Mujizat demi Mujizat
Apa yang terjadi sesudah itu? Di saat dengan sepenuh hati mencari Tuhan, sikap bersehati dengan isteri dan anak-anak, ternyata kegiatan bisnisnya mulai dipulihkan. Proses itu terwujut, yakni terjualnya sebidang tanah miliknya yang di Jalan Indrapura Surabaya dan sudah lama ditawarkan tetapi tak ada peminat, tiba-tiba dibeli orang dengan harga yang katanya “sangat di luar nalar”, yakni tiga kali lipat dari harga yang semula ditawarkan.

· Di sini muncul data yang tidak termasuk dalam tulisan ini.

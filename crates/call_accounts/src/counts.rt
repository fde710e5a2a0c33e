//! What is counted of a call so far.

ghost use Rattle.std.specs.Prelude.{◌≡◌, List, [], ◌∷◌, IfOk};
ghost use Rattle.line_model.specs.declared.event.Event.{Event};
ghost use Rattle.line_model.specs.declared.event.What.TheVariants.{Data, Setting, Initial};
ghost use Rattle.line_model.specs.observer.Calls.{all_lengths, segments_of, settings_of};
ghost use Rattle.call_accounts.specs.Counted.{Counts, Adds};

use crate::pad_table::PadTable;
use line_model::call::SettingRecord;
use line_model::event::{Entry, Event, What};
use line_model::state::Side;
use std::alloc::{AllocError, Allocator};

/// What is counted of a call so far.
#[derive(Clone, Copy)]
pub struct CallCounts {
    /// The packet that brought the call into p4, if one did.
    pub up: Option<u32>,
    /// Data packets of the DTE.
    pub data_t: u64,
    /// Octets of the DTE.
    pub oct_t: u64,
    /// Data packets of the DCE.
    pub data_n: u64,
    /// Octets of the DCE.
    pub oct_n: u64,
    /// Segments of 64 octets of both sides.
    pub segments: u64,
    settings_t: PadTable,
    settings_n: PadTable,
}

impl CallCounts {
    /// Returns counts that are all 0.
    pub(crate) fn new() -> CallCounts
        ensures { Counts result [] }
    {
        CallCounts {
            up: None,
            data_t: 0,
            oct_t: 0,
            data_n: 0,
            oct_n: 0,
            segments: 0,
            settings_t: PadTable::new(),
            settings_n: PadTable::new(),
        }
    }

    /// Counts the next event, which has `segments` segments. A sum that would not fit stays at the greatest number.
    pub(crate) fn add_event(&mut self, event: &Event, segments: u64)
        requires segments { segments ≡ segments_of (all_lengths (event.now ∷ [])) }
        ensures { Adds self.old self.new event.now }
    {
        match event.what {
            What::Found { .. } | What::Open { .. } | What::End(_) => {}
            What::Up => self.rise(event.packet),
            What::Data { side, octets } => self.add_data(side, octets, segments),
            What::Setting {
                pad,
                parameter,
                entry,
            } => self.say(pad, parameter, entry),
            What::Initial { pad } => self.forget(pad),
        }
    }

    /// Records the packet that brings the call up, where it was not up.
    fn rise(&mut self, packet: u32)
        ensures { (e : Event) → e.packet ≡ packet → e.what ≡ What.Up
            → Adds self.old self.new e }
    {
        if self.up.is_none() {
            self.up = Some(packet);
        }
    }

    /// Counts a data packet.
    #[inline(always)]
    pub(crate) fn add_data(&mut self, side: Side, octets: u32, segments: u64)
        ensures { (e : Event) → e.what ≡ Data side octets
            → segments ≡ segments_of (all_lengths (e ∷ [])) → Adds self.old self.new e }
    {
        self.segments = self.segments.saturating_add(segments);
        match side {
            Side::T => {
                self.data_t = self.data_t.saturating_add(1);
                self.oct_t = self.oct_t.saturating_add(u64::from(octets));
            }
            Side::N => {
                self.data_n = self.data_n.saturating_add(1);
                self.oct_n = self.oct_n.saturating_add(u64::from(octets));
            }
        }
    }

    /// Records what a message says of a parameter of a PAD.
    fn say(&mut self, pad: Side, parameter: u8, entry: Entry)
        ensures { (e : Event) → e.what ≡ Setting pad parameter entry
            → Adds self.old self.new e }
    {
        match pad {
            Side::T => self.settings_t.say(parameter, entry),
            Side::N => self.settings_n.say(parameter, entry),
        }
    }

    /// Forgets the parameters of a PAD, which are initial again.
    fn forget(&mut self, pad: Side)
        ensures { (e : Event) → e.what ≡ Initial pad → Adds self.old self.new e }
    {
        match pad {
            Side::T => self.settings_t = PadTable::new(),
            Side::N => self.settings_n = PadTable::new(),
        }
    }

    /// The settings that are known, side T first, by parameter.
    pub(crate) fn settings<A: Allocator>(
        &self,
        alloc: A,
    ) -> Result<Vec<SettingRecord, A>, AllocError>
        ensures { IfOk result (λ v. (own : List Event) → Counts self.now own
            → v.items ≡ settings_of own) }
    {
        let mut settings = Vec::new(alloc);
        self.settings_t.push_known(Side::T, &mut settings)?;
        self.settings_n.push_known(Side::N, &mut settings)?;
        Ok(settings)
    }
}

Mujizat pun terus terjadi. Tiap hari, Tuhan meningkatkan jumlah pelanggan pada perusahaannya. Kemudian banyak pelanggan yang dulunya tidak mampu membayar, lalu mau membayar dengan mengangsur setiap minggunya. Hebatnya lagi, besi baja yang diimpornya tahun 1999 lalu dan barang itu menumpuk di gudang, terjual dengan harga fantastis. Empat kali lipat dengan harga saat diimpornya. “ Puji Tuhan. Cara Tuhan itu memang ajaib.” syukurnya.
Mujizat demi mujizat terus diterimanya. Dalam masalah keuangan perusahaan, dia mampu membayar kembali hutang-hutangnya dengan cara yang ajaib. Dalam November 1998, seluruh jumlah hutangnya terbayar lunas.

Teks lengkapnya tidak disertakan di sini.